Dataset records:
● ● ● ● ● ● ●

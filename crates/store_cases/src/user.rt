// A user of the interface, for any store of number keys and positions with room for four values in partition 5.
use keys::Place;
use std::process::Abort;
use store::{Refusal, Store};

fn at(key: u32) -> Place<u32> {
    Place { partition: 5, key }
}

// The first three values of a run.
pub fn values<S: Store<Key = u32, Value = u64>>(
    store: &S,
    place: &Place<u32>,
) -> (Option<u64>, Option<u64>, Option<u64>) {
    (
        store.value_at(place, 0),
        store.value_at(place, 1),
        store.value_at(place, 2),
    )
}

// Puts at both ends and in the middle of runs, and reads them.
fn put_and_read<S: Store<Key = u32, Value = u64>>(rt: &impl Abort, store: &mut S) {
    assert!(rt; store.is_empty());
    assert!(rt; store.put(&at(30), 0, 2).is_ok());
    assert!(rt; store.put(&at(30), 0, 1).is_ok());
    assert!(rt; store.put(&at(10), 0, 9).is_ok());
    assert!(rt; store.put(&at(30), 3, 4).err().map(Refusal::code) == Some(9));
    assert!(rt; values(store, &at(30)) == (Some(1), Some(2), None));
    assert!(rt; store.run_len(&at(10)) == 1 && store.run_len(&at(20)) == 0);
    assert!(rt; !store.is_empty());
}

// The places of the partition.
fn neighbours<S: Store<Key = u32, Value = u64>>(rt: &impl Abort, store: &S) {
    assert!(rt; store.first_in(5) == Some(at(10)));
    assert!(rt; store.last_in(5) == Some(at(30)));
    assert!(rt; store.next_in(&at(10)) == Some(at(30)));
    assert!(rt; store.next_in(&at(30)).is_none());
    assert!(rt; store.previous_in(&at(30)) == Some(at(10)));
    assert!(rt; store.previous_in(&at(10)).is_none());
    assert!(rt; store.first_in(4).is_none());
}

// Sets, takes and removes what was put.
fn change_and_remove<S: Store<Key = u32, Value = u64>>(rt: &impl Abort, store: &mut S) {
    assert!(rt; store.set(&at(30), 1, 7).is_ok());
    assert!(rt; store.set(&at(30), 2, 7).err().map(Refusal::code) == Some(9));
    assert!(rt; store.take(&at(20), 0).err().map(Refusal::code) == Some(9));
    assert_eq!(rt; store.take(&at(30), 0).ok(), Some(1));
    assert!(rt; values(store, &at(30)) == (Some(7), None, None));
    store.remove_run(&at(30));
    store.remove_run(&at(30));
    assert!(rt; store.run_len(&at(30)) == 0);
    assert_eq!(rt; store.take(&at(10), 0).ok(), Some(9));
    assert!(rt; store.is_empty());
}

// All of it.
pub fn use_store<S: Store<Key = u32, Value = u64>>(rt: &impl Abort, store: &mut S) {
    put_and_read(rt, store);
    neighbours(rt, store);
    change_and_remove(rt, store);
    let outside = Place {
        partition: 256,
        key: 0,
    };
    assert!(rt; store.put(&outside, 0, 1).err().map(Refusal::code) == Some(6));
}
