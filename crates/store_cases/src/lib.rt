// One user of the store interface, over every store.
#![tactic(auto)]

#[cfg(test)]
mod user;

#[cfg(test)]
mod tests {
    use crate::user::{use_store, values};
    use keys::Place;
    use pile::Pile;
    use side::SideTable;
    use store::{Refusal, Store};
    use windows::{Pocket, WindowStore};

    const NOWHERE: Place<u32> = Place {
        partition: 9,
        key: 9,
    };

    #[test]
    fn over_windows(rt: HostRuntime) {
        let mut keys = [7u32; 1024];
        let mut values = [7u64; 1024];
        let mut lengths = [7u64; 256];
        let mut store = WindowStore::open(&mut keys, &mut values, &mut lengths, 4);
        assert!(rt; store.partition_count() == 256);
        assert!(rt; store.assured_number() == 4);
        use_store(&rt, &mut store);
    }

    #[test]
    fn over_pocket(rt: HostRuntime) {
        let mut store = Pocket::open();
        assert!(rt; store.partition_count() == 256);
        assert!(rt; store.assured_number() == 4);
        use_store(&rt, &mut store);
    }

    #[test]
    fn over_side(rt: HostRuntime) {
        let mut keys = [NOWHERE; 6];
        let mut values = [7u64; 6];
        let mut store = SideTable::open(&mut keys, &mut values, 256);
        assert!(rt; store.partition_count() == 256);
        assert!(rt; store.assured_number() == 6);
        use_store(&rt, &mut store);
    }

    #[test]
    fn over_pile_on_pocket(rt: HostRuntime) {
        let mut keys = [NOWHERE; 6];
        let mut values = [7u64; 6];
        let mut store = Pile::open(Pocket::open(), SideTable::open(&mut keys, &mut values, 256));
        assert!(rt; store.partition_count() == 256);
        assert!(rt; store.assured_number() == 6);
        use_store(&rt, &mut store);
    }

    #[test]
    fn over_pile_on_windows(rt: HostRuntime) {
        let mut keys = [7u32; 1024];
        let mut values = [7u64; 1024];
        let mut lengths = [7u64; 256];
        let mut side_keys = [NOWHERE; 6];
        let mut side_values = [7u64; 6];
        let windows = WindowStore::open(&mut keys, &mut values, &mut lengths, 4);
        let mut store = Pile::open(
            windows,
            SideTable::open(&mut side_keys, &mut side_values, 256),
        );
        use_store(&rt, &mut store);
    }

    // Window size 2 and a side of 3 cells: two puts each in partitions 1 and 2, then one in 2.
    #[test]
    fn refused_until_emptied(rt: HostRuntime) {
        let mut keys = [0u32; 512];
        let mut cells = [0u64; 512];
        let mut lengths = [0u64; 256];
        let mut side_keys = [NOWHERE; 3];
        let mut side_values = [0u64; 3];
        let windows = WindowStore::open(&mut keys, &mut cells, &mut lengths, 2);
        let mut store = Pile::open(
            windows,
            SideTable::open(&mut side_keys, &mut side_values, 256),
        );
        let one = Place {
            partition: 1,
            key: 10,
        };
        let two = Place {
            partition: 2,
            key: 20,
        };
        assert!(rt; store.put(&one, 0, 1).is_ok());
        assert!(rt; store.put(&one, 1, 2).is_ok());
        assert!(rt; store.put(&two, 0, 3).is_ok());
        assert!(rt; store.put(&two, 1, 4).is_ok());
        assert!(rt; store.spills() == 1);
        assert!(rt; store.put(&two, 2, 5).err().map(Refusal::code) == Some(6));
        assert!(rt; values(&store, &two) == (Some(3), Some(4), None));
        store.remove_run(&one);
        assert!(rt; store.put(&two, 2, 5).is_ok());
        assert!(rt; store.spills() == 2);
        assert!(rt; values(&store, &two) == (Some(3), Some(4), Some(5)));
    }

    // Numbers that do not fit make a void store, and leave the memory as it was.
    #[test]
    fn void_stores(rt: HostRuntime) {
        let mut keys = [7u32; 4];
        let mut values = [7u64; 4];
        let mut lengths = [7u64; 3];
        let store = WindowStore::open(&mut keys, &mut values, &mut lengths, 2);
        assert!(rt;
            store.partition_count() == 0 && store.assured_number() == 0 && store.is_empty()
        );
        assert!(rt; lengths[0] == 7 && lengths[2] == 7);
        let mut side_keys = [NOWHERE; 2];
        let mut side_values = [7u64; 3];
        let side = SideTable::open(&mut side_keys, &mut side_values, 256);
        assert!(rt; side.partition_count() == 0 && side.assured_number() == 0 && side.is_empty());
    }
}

● ● ● ● ● ● ●

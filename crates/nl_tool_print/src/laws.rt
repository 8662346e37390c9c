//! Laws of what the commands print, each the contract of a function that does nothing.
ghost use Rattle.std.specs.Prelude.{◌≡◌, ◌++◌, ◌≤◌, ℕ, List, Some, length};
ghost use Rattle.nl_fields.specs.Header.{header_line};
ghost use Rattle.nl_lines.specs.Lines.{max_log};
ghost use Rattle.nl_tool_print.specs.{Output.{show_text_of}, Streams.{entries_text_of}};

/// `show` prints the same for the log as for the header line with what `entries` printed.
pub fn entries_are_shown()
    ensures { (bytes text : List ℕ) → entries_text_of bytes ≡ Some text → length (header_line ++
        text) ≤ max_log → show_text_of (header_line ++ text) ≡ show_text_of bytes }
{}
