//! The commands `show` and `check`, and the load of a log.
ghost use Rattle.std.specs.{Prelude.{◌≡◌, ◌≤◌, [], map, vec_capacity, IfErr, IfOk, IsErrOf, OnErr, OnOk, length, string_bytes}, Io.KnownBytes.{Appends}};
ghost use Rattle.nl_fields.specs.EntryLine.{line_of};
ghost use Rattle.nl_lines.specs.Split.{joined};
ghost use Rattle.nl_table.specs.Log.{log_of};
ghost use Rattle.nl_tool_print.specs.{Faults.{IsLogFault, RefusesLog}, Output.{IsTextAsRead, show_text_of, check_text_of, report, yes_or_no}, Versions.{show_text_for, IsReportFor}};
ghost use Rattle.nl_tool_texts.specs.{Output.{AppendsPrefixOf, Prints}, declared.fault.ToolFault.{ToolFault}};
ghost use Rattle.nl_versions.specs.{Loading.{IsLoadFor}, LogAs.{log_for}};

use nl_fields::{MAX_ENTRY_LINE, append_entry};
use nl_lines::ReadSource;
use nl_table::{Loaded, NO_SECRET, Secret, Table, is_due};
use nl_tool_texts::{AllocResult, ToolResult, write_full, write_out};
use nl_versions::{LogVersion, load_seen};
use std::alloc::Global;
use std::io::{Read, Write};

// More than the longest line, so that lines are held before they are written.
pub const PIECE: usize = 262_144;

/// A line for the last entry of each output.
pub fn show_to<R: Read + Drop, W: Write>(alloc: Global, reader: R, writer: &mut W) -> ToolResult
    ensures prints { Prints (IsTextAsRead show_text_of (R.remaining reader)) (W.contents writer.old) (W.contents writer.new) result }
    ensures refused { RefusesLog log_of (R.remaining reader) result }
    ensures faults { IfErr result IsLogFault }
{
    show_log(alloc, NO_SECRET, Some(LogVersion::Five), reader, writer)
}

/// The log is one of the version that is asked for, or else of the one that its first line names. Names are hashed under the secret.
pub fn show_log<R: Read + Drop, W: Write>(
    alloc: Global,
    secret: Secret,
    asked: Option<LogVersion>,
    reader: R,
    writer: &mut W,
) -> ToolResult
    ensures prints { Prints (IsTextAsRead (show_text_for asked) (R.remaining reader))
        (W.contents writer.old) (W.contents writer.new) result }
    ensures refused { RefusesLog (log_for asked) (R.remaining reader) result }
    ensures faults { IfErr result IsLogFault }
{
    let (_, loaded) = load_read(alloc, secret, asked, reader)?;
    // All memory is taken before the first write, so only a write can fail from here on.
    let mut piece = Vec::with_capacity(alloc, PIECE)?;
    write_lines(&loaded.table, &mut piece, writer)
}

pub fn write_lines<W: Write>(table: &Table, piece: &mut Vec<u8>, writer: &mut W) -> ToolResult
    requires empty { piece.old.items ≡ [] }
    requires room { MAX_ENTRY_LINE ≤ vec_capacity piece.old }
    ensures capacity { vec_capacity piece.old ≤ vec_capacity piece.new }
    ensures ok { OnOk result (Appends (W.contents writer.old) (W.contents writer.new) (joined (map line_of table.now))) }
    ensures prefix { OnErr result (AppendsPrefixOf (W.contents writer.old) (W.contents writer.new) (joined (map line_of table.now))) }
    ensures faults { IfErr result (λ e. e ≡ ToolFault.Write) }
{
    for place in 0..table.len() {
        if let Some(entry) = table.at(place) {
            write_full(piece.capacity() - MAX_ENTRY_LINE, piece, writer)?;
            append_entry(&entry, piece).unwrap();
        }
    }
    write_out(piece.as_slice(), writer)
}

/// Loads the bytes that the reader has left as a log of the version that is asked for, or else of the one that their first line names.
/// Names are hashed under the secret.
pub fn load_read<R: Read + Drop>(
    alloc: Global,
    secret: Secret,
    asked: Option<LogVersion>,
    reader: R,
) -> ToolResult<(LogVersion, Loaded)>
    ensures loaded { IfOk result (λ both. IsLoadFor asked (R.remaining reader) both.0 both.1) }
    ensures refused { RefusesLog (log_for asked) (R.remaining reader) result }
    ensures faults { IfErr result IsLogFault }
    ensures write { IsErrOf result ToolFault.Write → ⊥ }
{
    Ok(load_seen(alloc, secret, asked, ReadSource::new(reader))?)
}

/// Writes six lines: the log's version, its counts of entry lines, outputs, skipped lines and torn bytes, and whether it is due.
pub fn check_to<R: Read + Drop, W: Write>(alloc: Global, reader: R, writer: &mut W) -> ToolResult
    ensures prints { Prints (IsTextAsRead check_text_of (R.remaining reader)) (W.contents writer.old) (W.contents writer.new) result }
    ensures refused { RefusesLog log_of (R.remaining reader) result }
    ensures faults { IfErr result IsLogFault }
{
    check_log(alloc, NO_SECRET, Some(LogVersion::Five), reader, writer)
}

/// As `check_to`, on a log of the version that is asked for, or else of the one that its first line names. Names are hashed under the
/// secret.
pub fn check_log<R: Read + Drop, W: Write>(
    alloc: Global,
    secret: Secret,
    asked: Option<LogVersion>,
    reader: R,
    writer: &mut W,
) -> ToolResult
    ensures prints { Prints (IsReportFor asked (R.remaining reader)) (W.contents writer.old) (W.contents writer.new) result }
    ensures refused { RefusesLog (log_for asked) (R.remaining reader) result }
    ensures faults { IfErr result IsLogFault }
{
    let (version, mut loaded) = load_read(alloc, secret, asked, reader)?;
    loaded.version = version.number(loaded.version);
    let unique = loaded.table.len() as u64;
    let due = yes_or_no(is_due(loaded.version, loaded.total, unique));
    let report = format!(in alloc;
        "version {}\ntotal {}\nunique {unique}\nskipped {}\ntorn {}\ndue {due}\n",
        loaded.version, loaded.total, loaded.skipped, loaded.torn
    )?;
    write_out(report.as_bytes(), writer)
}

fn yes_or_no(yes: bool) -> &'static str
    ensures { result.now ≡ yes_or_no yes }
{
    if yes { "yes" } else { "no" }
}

● ● ● ● ● ● ●

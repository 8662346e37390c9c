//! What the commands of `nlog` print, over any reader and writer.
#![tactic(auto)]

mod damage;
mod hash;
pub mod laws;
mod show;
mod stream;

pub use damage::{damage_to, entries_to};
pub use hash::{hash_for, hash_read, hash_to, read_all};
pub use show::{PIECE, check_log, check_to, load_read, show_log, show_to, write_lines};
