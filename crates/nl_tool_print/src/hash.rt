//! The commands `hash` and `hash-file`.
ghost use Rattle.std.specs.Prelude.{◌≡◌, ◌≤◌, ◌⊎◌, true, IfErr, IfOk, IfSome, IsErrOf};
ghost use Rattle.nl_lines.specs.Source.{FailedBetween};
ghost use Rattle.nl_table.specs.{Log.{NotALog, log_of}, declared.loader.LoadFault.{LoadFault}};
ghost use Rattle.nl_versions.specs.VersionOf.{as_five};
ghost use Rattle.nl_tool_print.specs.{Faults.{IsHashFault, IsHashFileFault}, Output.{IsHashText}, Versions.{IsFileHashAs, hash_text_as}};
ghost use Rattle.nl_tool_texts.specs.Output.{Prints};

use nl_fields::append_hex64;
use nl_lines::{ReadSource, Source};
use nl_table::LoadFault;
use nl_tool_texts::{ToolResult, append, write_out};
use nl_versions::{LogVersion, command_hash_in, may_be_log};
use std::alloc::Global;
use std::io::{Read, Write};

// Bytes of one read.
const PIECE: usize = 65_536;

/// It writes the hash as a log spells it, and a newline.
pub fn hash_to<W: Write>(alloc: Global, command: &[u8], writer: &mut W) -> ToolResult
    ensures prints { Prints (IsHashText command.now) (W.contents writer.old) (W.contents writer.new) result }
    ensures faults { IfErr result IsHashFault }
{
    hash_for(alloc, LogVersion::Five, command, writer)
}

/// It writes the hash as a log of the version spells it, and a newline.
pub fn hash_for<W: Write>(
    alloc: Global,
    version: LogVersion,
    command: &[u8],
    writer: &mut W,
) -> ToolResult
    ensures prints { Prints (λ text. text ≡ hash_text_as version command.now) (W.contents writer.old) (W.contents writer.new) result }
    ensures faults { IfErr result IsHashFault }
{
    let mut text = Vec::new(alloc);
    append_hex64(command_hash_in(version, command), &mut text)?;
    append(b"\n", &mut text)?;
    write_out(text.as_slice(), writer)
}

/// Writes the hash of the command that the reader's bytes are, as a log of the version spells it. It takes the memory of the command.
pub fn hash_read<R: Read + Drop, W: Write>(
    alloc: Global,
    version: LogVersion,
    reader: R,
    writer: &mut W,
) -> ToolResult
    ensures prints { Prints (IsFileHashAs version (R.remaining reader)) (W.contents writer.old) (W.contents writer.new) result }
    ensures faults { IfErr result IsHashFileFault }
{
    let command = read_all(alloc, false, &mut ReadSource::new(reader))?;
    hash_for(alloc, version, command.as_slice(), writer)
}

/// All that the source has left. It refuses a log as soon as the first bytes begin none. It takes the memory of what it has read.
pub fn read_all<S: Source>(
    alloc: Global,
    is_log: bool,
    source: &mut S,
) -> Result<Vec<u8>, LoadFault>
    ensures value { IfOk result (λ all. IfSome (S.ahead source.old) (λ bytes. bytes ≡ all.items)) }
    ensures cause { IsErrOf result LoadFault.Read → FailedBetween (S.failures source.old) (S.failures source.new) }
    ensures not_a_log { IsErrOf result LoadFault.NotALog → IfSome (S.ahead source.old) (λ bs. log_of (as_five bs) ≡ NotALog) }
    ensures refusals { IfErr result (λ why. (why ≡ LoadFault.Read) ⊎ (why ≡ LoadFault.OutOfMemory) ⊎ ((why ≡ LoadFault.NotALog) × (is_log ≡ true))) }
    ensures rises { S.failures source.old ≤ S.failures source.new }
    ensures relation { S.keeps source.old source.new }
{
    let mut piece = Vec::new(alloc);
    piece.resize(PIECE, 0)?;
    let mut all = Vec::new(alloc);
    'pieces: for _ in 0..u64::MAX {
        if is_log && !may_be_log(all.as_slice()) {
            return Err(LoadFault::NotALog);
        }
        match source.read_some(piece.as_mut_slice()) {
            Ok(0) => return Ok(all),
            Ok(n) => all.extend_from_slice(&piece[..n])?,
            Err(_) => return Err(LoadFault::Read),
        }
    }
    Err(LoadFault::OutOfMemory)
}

● ● ● ● ● ● ●

__What you need to do__. Which lines above include the word "const"? Show each one.

__Task response__.
    const NOWHERE: Place<u32> = Place {
pub const PIECE: usize = 262_144;
const PIECE: usize = 65_536;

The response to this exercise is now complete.